Saved entries
//! Options of a text: each in braces, one after the other.

use vectors::{NotationFault, NotationPart};

/// What stands between the braces of a text that stands there.
pub(crate) fn option_in<'a>(
    place: NotationPart<'a>,
    braced: &'a str,
) -> Result<NotationPart<'a>, NotationFault> {
    let inside = braced
        .strip_prefix('{')
        .and_then(|behind| behind.strip_suffix('}'))
        .ok_or(place.fault())?;
    Ok(place.behind(1, inside))
}

/// The word of an option, and its value, which is empty if there is none.
pub(crate) fn word_and_value<'a>(option: NotationPart<'a>) -> (NotationPart<'a>, NotationPart<'a>) {
    match option.split_at_first(' ') {
        None => (option, option.behind(option.text.len(), "")),
        Some(both) => both,
    }
}
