//! What the store at a path holds, as lines of text.
ghost use Rattle.std.specs.Prelude.{◌≡◌, IfErr, IfOk, OnOk};
ghost use Rattle.cli_failures.specs.Report.{UnlessLate};
ghost use Rattle.sqlite.specs.Files.{file_state};
ghost use Rattle.store_adoption.specs.Creates.{IsSettled};
ghost use Rattle.store_sql.specs.Statements.{IsDurable};
ghost use Rattle.cli_store.specs.Standing.{IsNoAnswer, IsOpenIfClean, seen_in, the_same};
ghost use Rattle.cli.specs.Checked.{IsNotChecked};
ghost use Rattle.cli.specs.Listed.{FailsToList, HasListed, IsFailureOfListing, IsListed, IsListedAt, WritesListing, given};

use cli_answers::write_front;
use cli_failures::Failure;
use cli_operands::read_moment;
use cli_steps::listing_lines;
use cli_store::{Stores, failed};
use relying::Fault;
use sqlite_disk::Disk;
use std::alloc::Global;
use std::io::Write;
use store::Store;
use store_listing::{held_laws, read_listing};

// The lines of the store, which is closed then.
fn list_in<'a, D: Disk + Drop, S: Stores<Store<D>>>(
    source: &S,
    alloc: Global,
    path: &str,
    store: Store<D>,
    at: Option<i64>,
) -> Result<Vec<u8>, Failure<'a>>
    requires open { IsOpenIfClean (file_state store.conn) }
    requires settled { IsSettled (file_state store.conn) }
    requires durable { IsDurable (file_state store.conn) }
    ensures listed { IfOk result (λ text.
        HasListed (S.places source.now) path.now at (seen_in store)
        text.items) }
    ensures fails { IfErr result (IsNoAnswer (S.places source.now)
        path.now the_same (seen_in store)) }
{
    let mut store = store;
    held_laws();
    let all = read_listing(alloc, &mut store.conn);
    source.close_store(path, store);
    match all {
        Ok(all) => listing_lines(alloc, &all, at),
        Err(fault) => Err(failed(Fault::Store(fault))),
    }
}

// The lines of the store at the path.
fn list_at<'a, D: Disk + Drop, S: Stores<Store<D>>>(
    source: &S,
    alloc: Global,
    path: &'a str,
    at: Option<i64>,
) -> Result<Vec<u8>, Failure<'a>>
    ensures listed { IfOk result (λ text. IsListedAt (S.places source.now)
        path.entry.now at text.items) }
    ensures fails { IfErr result
        (IsNotChecked (S.places source.now) path.entry.now) }
{
    let store = source.open_store(path)?;
    list_in(source, alloc, path, store, at)
}

// The lines that are asked for.
fn list_asked<'a, D: Disk + Drop, S: Stores<Store<D>>>(
    source: &S,
    alloc: Global,
    path: &'a str,
    moment: Option<&'a str>,
) -> Result<Vec<u8>, Failure<'a>>
    ensures listed { IfOk result (λ text. IsListed (S.places source.now)
        path.entry.now (given moment.entry) text.items) }
    ensures fails { IfErr result (IsFailureOfListing (S.places source.now)
        path.entry.now (given moment.entry)) }
{
    let at = read_moment(moment)?;
    list_at(source, alloc, path, at)
}

/// Writes what the store at the path holds: a line for each list, and then one for each response (`cli_listing::listing_to`). With a
/// moment, each line ends in whether the statement is in force then. Nothing changes in the store.
pub fn list<'a, D: Disk + Drop, S: Stores<Store<D>>, O: Write>(
    source: &S,
    alloc: Global,
    path: &'a str,
    moment: Option<&'a str>,
    out: &mut O,
) -> Result<(), Failure<'a>>
    ensures done { OnOk result (WritesListing (S.places source.now)
        path.entry.now
        moment.entry O.contents out.old out.new) }
    ensures fails { IfErr result (FailsToList (S.places source.now) path.entry.now
        (given moment.entry) (O.contents out.old) (O.contents out.new)) }
    ensures quiet { IfErr result (λ failure. UnlessLate failure (out.new ≡ out.old)) }
{
    let text = list_asked(source, alloc, path, moment)?;
    match write_front(text.as_slice(), out) {
        Ok(()) => Ok(()),
        Err(_) => Err(Failure::Unwritable),
    }
}
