//! Paths that are found to a certificate, with their verdicts.
ghost use Rattle.std.specs.Prelude.{◌≡◌, IfErr, IfOk};
ghost use Rattle.std.specs.Io.KnownBytes.{Appends};
ghost use Rattle.cli_failures.specs.declared.failure.Failure.TheVariants.{NoMemory};
ghost use Rattle.cli_failures.specs.Report.{UnlessLate};
ghost use Rattle.cli_steps.specs.Found.{found_text};
ghost use Rattle.cli_words.specs.SearchTexts.{seen_search_words};
ghost use Rattle.cli.specs.Host.{host};
ghost use Rattle.cli.specs.Searched.{FailsToFind, IsFailureOfFinding, IsSearched};

use crate::at_path::AtPath;
use cli_answers::{SearchVerdict, write_front};
use cli_failures::{Failure, Source};
use cli_steps::{FoundPath, find_believing};
use cli_store::Stores;
use cli_words::SearchWords;
use sqlite_disk::Disk;
use std::alloc::Global;
use std::io::Write;
use std::marker::PhantomData;
use store::Store;

// The path that the words ask for.
fn find_path<'a, D: Disk + Drop, S: Source + Stores<Store<D>>>(
    source: &S,
    alloc: Global,
    store: &'a str,
    verdicts: &'a str,
    words: &SearchWords<'a>,
) -> Result<FoundPath<'a>, Failure<'a>>
    ensures found { IfOk result (IsSearched (host S.holds S.places source.now)
        store.entry.now verdicts.entry.now (seen_search_words words.now)) }
    ensures fails { IfErr result (IsFailureOfFinding (host S.holds S.places source.now)
        store.entry.now verdicts.entry.now (seen_search_words words.now)) }
{
    let mut store: AtPath<'a, '_, D, S> = AtPath {
        source,
        path: store,
        disk: PhantomData,
    };
    find_believing(&mut store, source, alloc, verdicts, words)
}

// The lines of the answer, in memory, so that nothing else is written.
fn lines_of<'a>(alloc: Global, answer: &FoundPath<'_>) -> Result<Vec<u8>, Failure<'a>>
    ensures lines { IfOk result (λ text. text.items ≡ found_text answer.now) }
    ensures fails { IfErr result (λ failure. failure ≡ NoMemory) }
{
    let mut text = Vec::new(alloc);
    match answer.tell(&mut text) {
        Ok(()) => Ok(text),
        Err(_) => Err(Failure::NoMemory),
    }
}

/// Writes the first valid path to the certificate that the words name, of which the store holds that it is valid (RFC 5280, 6; RFC 6960,
/// 3.2), a line for each certificate; or else the first path that meets the conditions of RFC 5280, 6.1; and then its verdict, or that
/// there is none.
pub fn find<'a, D: Disk + Drop, S: Source + Stores<Store<D>>, O: Write>(
    source: &S,
    alloc: Global,
    store: &'a str,
    verdicts: &'a str,
    words: &SearchWords<'a>,
    out: &mut O,
) -> Result<SearchVerdict, Failure<'a>>
    ensures found { IfOk result (λ verdict. (answer : FoundPath) × (answer.verdict ≡ verdict)
        × IsSearched (host S.holds S.places source.now)
        store.entry.now verdicts.entry.now (seen_search_words words.now) answer
        × Appends (O.contents out.old) (O.contents out.new) (found_text answer)) }
    ensures fails { IfErr result (FailsToFind (host S.holds S.places source.now)
        store.entry.now verdicts.entry.now (seen_search_words words.now)
        (O.contents out.old) (O.contents out.new)) }
    ensures quiet { IfErr result (λ failure. UnlessLate failure (out.new ≡ out.old)) }
{
    let answer = find_path(source, alloc, store, verdicts, words)?;
    let text = lines_of(alloc, &answer)?;
    match write_front(text.as_slice(), out) {
        Ok(()) => Ok(answer.verdict),
        Err(_) => Err(Failure::Unwritable),
    }
}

**WORK REQUIRED**
Take the stretch of lines above from the one containing "(IsNoAnswer (S.places source.now)" through the one containing "(FailsToList (S.places source.now) path.entry.now" and repeat it exactly, adding no other line.

**EXERCISE SOLUTION**
    ensures fails { IfErr result (IsNoAnswer (S.places source.now)
        path.now the_same (seen_in store)) }
{
    let mut store = store;
    held_laws();
    let all = read_listing(alloc, &mut store.conn);
    source.close_store(path, store);
    match all {
        Ok(all) => listing_lines(alloc, &all, at),
        Err(fault) => Err(failed(Fault::Store(fault))),
    }
}

// The lines of the store at the path.
fn list_at<'a, D: Disk + Drop, S: Stores<Store<D>>>(
    source: &S,
    alloc: Global,
    path: &'a str,
    at: Option<i64>,
) -> Result<Vec<u8>, Failure<'a>>
    ensures listed { IfOk result (λ text. IsListedAt (S.places source.now)
        path.entry.now at text.items) }
    ensures fails { IfErr result
        (IsNotChecked (S.places source.now) path.entry.now) }
{
    let store = source.open_store(path)?;
    list_in(source, alloc, path, store, at)
}

// The lines that are asked for.
fn list_asked<'a, D: Disk + Drop, S: Stores<Store<D>>>(
    source: &S,
    alloc: Global,
    path: &'a str,
    moment: Option<&'a str>,
) -> Result<Vec<u8>, Failure<'a>>
    ensures listed { IfOk result (λ text. IsListed (S.places source.now)
        path.entry.now (given moment.entry) text.items) }
    ensures fails { IfErr result (IsFailureOfListing (S.places source.now)
        path.entry.now (given moment.entry)) }
{
    let at = read_moment(moment)?;
    list_at(source, alloc, path, at)
}

/// Writes what the store at the path holds: a line for each list, and then one for each response (`cli_listing::listing_to`). With a
/// moment, each line ends in whether the statement is in force then. Nothing changes in the store.
pub fn list<'a, D: Disk + Drop, S: Stores<Store<D>>, O: Write>(
    source: &S,
    alloc: Global,
    path: &'a str,
    moment: Option<&'a str>,
    out: &mut O,
) -> Result<(), Failure<'a>>
    ensures done { OnOk result (WritesListing (S.places source.now)
        path.entry.now
        moment.entry O.contents out.old out.new) }
    ensures fails { IfErr result (FailsToList (S.places source.now) path.entry.now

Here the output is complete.